==== RECORDS SUPPLIED ====

impl<R: TellRead, P: ReaderPolicy> Multipart<R, P> {
    /// Hands out text of the part, at least a byte unless it ended or the slice is empty; and none where the reader stands in no
    /// part. Behind the text a slice smaller than the buffer stays as it was. After a `Truncated` or an `Io` a further call goes
    /// on.
    pub fn read(&mut self, out: &mut [u8]) -> Result<usize, BodyError<()>>
        ensures handed { IfOk result (λ n. (n ≤ length out.new)
            × (self.old.stand ≡ Stand.Part
            → self.new.body.calls.reads.given ≡ self.old.body.calls.reads.given ++ take n out.new)) }
        ensures none { self.old.stand ≢ Stand.Part → (result ≡ Ok 0) × (self.new ≡ self.old) }
        ensures within { self.new ≡ record self.old { body = self.new.body } }
        ensures rest { LeavesRest self.old.body.reader.block.capacity out.old result out.new }
        ensures reads { self.old.stand ≡ Stand.Part → ReadsPayload R.remaining P.rules (codes self.old.body.coding) self.old.body
            out.new result self.new.body }
    {
        if !matches!(self.stand, Stand::Part) {
            return Ok(0);
        }
        self.body.read_payload(out)
    }

    /// How many bytes of the part's text are buffered, which [`piece`](Multipart::piece) lends: none only where it ended, or the
    /// reader stands in no part. Where some are known nobody is asked.
    pub fn fill(&mut self) -> Result<usize, BodyError<()>>
        ensures count { self.old.stand ≡ Stand.Part → IfOk result (λ n. n ≡ self.new.body.known) }
        ensures none { self.old.stand ≢ Stand.Part → (result ≡ Ok 0) × (self.new ≡ self.old) }
        ensures within { self.new ≡ record self.old { body = self.new.body } }
        ensures fills { self.old.stand ≡ Stand.Part → FillsPayload R.remaining P.rules (codes self.old.body.coding) self.old.body
            result self.new.body }
    {
        if !matches!(self.stand, Stand::Part) {
            return Ok(0);
        }
        self.body.fill_payload()
    }

    /// Proceeds on behind the first `count` bytes that [`piece`](Multipart::piece) lends, or behind all.
    pub fn consume(&mut self, count: usize)
        ensures taken { self.old.stand ≡ Stand.Part → self.new.body.taken
            ≡ self.old.body.taken ++ take (min count self.old.body.known) self.old.body.reader.block.bytes }
        ensures none { self.old.stand ≢ Stand.Part → self.new ≡ self.old }
        ensures within { self.new ≡ record self.old { body = self.new.body } }
        ensures consumes { self.old.stand ≡ Stand.Part → ConsumesPayload R.remaining P.rules (codes self.old.body.coding) count
            self.old.body self.new.body }
    {
        if matches!(self.stand, Stand::Part) {
            self.body.consume_payload(count);
        }
    }

    /// Goes on to the next part, behind what is left of this one; `false` where there is none. An `Err` loses no byte, and a
    /// further call goes on where this one stopped. Memory is refused only where there was no room for more of a head.
    ///
    /// The stream is asked only where what is buffered settles nothing: for no byte behind the empty line of a head, nor behind
    /// the two hyphens of the last boundary, nor behind the first byte that can follow no boundary. Where there are
    /// `limits.parts` parts already it is asked only while what stands behind the boundary is nothing, or a hyphen.
    pub fn next_part(&mut self) -> Result<bool, PartError>
        ensures stands { IfOk result (λ more. MatchBool more
            ((self.new.stand ≡ Stand.Part) × (self.new.parts ≡ self.old.parts + 1))
            ((self.new.stand ≡ Stand.Ended) × (self.new.parts ≡ self.old.parts))) }
        ensures kept { OnErr result (self.new.parts ≡ self.old.parts) }
        ensures next { NextPart R.remaining P.rules self.old.stand self.old result self.new }
    {
        match self.stand {
            Stand::Ended => Ok(false),
            Stand::Head => self.go_on(),
            Stand::Preamble => self.pass_text(),
            Stand::Part => self.pass_text(),
        }
    }

    // Goes on behind the boundary that ends this text.
    fn pass_text(&mut self) -> Result<bool, PartError>
        requires text { (self.old.stand ≡ Stand.Preamble) ⊎ (self.old.stand ≡ Stand.Part) }
        ensures { PassesText R.remaining P.rules self.old result self.new }
    {
        let full = self.is_full();
        self.body.drain()?;
        turn_last(&mut self.other, full);
        self.body.begin_next(&mut self.other);
        self.head.clear();
        self.stand = Stand::Head;
        self.go_on()
    }

    // Goes on behind a boundary: into the part behind its head, or to the end.
    fn go_on(&mut self) -> Result<bool, PartError>
        requires head { self.old.stand ≡ Stand.Head }
        ensures { GoesOnFromHead R.remaining P.rules self.old result self.new }
    {
        match self.collect_head() {
            Ok(()) => Ok(self.begin_part()),
            Err(e) => Err(PartError::of_head(e, self.is_full())),
        }
    }

    // Collects the head while it may go on so: none, where there may be no further part.
    fn collect_head(&mut self) -> Result<(), CollectError<()>>
        requires head { self.old.stand ≡ Stand.Head }
        ensures collects { CollectsHead R.remaining P.rules self.old result self.new }
        ensures whole { OnOk result (TookWholeBody (codes self.new.body.coding) self.new.body) }
    {
        let most = self.head_most();
        let may_be = PartHead { texts: &self.other };
        self.body.collect_while(&may_be, most, &mut self.head)
    }

    // Whether a whole head is just two hyphens, as each is where there may be no further part.
    fn is_last(&self) -> bool
        requires head { self.now.stand ≡ Stand.Head }
        requires whole { TookWholeBody (codes self.now.body.coding) self.now.body }
        ensures last { result ≡ true → self.now.body.taken ≡ hyphens }
        ensures other { result ≡ false → (self.now.body.taken ≢ hyphens) × (self.now.parts < self.now.limits.parts)
            × (self.now.limits.parts < 2 ^ 64) }
    {
        self.parts >= self.limits.parts || self.body.taken() == 2
    }

    // Goes on into the part behind a whole head, if there is one.
    fn begin_part(&mut self) -> bool
        requires head { self.old.stand ≡ Stand.Head }
        requires whole { TookWholeBody (codes self.old.body.coding) self.old.body }
        ensures { EndsHead self.old result self.new }
    {
        if self.is_last() {
            self.stand = Stand::Ended;
            return false;
        }
        // Says that it has room for a look.
        let _ = self.body.get_ref();
        self.body.begin_next(&mut self.other);
        self.parts += 1;
        self.stand = Stand::Part;
        true
    }
}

====

### WORK ITEM
Every record above needs to be returned in full, exactly.

### ANSWER TO THE PROBLEM
impl<R: TellRead, P: ReaderPolicy> Multipart<R, P> {
    /// Hands out text of the part, at least a byte unless it ended or the slice is empty; and none where the reader stands in no
    /// part. Behind the text a slice smaller than the buffer stays as it was. After a `Truncated` or an `Io` a further call goes
    /// on.
    pub fn read(&mut self, out: &mut [u8]) -> Result<usize, BodyError<()>>
        ensures handed { IfOk result (λ n. (n ≤ length out.new)
            × (self.old.stand ≡ Stand.Part
            → self.new.body.calls.reads.given ≡ self.old.body.calls.reads.given ++ take n out.new)) }
        ensures none { self.old.stand ≢ Stand.Part → (result ≡ Ok 0) × (self.new ≡ self.old) }
        ensures within { self.new ≡ record self.old { body = self.new.body } }
        ensures rest { LeavesRest self.old.body.reader.block.capacity out.old result out.new }
        ensures reads { self.old.stand ≡ Stand.Part → ReadsPayload R.remaining P.rules (codes self.old.body.coding) self.old.body
            out.new result self.new.body }
    {
        if !matches!(self.stand, Stand::Part) {
            return Ok(0);
        }
        self.body.read_payload(out)
    }

    /// How many bytes of the part's text are buffered, which [`piece`](Multipart::piece) lends: none only where it ended, or the
    /// reader stands in no part. Where some are known nobody is asked.
    pub fn fill(&mut self) -> Result<usize, BodyError<()>>
        ensures count { self.old.stand ≡ Stand.Part → IfOk result (λ n. n ≡ self.new.body.known) }
        ensures none { self.old.stand ≢ Stand.Part → (result ≡ Ok 0) × (self.new ≡ self.old) }
        ensures within { self.new ≡ record self.old { body = self.new.body } }
        ensures fills { self.old.stand ≡ Stand.Part → FillsPayload R.remaining P.rules (codes self.old.body.coding) self.old.body
            result self.new.body }
    {
        if !matches!(self.stand, Stand::Part) {
            return Ok(0);
        }
        self.body.fill_payload()
    }

    /// Proceeds on behind the first `count` bytes that [`piece`](Multipart::piece) lends, or behind all.
    pub fn consume(&mut self, count: usize)
        ensures taken { self.old.stand ≡ Stand.Part → self.new.body.taken
            ≡ self.old.body.taken ++ take (min count self.old.body.known) self.old.body.reader.block.bytes }
        ensures none { self.old.stand ≢ Stand.Part → self.new ≡ self.old }
        ensures within { self.new ≡ record self.old { body = self.new.body } }
        ensures consumes { self.old.stand ≡ Stand.Part → ConsumesPayload R.remaining P.rules (codes self.old.body.coding) count
            self.old.body self.new.body }
    {
        if matches!(self.stand, Stand::Part) {
            self.body.consume_payload(count);
        }
    }

    /// Goes on to the next part, behind what is left of this one; `false` where there is none. An `Err` loses no byte, and a
    /// further call goes on where this one stopped. Memory is refused only where there was no room for more of a head.
    ///
    /// The stream is asked only where what is buffered settles nothing: for no byte behind the empty line of a head, nor behind
    /// the two hyphens of the last boundary, nor behind the first byte that can follow no boundary. Where there are
    /// `limits.parts` parts already it is asked only while what stands behind the boundary is nothing, or a hyphen.
    pub fn next_part(&mut self) -> Result<bool, PartError>
        ensures stands { IfOk result (λ more. MatchBool more
            ((self.new.stand ≡ Stand.Part) × (self.new.parts ≡ self.old.parts + 1))
            ((self.new.stand ≡ Stand.Ended) × (self.new.parts ≡ self.old.parts))) }
        ensures kept { OnErr result (self.new.parts ≡ self.old.parts) }
        ensures next { NextPart R.remaining P.rules self.old.stand self.old result self.new }
    {
        match self.stand {
            Stand::Ended => Ok(false),
            Stand::Head => self.go_on(),
            Stand::Preamble => self.pass_text(),
            Stand::Part => self.pass_text(),
        }
    }

    // Goes on behind the boundary that ends this text.
    fn pass_text(&mut self) -> Result<bool, PartError>
        requires text { (self.old.stand ≡ Stand.Preamble) ⊎ (self.old.stand ≡ Stand.Part) }
        ensures { PassesText R.remaining P.rules self.old result self.new }
    {
        let full = self.is_full();
        self.body.drain()?;
        turn_last(&mut self.other, full);
        self.body.begin_next(&mut self.other);
        self.head.clear();
        self.stand = Stand::Head;
        self.go_on()
    }

    // Goes on behind a boundary: into the part behind its head, or to the end.
    fn go_on(&mut self) -> Result<bool, PartError>
        requires head { self.old.stand ≡ Stand.Head }
        ensures { GoesOnFromHead R.remaining P.rules self.old result self.new }
    {
        match self.collect_head() {
            Ok(()) => Ok(self.begin_part()),
            Err(e) => Err(PartError::of_head(e, self.is_full())),
        }
    }

    // Collects the head while it may go on so: none, where there may be no further part.
    fn collect_head(&mut self) -> Result<(), CollectError<()>>
        requires head { self.old.stand ≡ Stand.Head }
        ensures collects { CollectsHead R.remaining P.rules self.old result self.new }
        ensures whole { OnOk result (TookWholeBody (codes self.new.body.coding) self.new.body) }
    {
        let most = self.head_most();
        let may_be = PartHead { texts: &self.other };
        self.body.collect_while(&may_be, most, &mut self.head)
    }

    // Whether a whole head is just two hyphens, as each is where there may be no further part.
    fn is_last(&self) -> bool
        requires head { self.now.stand ≡ Stand.Head }
        requires whole { TookWholeBody (codes self.now.body.coding) self.now.body }
        ensures last { result ≡ true → self.now.body.taken ≡ hyphens }
        ensures other { result ≡ false → (self.now.body.taken ≢ hyphens) × (self.now.parts < self.now.limits.parts)
            × (self.now.limits.parts < 2 ^ 64) }
    {
        self.parts >= self.limits.parts || self.body.taken() == 2
    }

    // Goes on into the part behind a whole head, if there is one.
    fn begin_part(&mut self) -> bool
        requires head { self.old.stand ≡ Stand.Head }
        requires whole { TookWholeBody (codes self.old.body.coding) self.old.body }
        ensures { EndsHead self.old result self.new }
    {
        if self.is_last() {
            self.stand = Stand::Ended;
            return false;
        }
        // Says that it has room for a look.
        let _ = self.body.get_ref();
        self.body.begin_next(&mut self.other);
        self.parts += 1;
        self.stand = Stand::Part;
        true
    }
}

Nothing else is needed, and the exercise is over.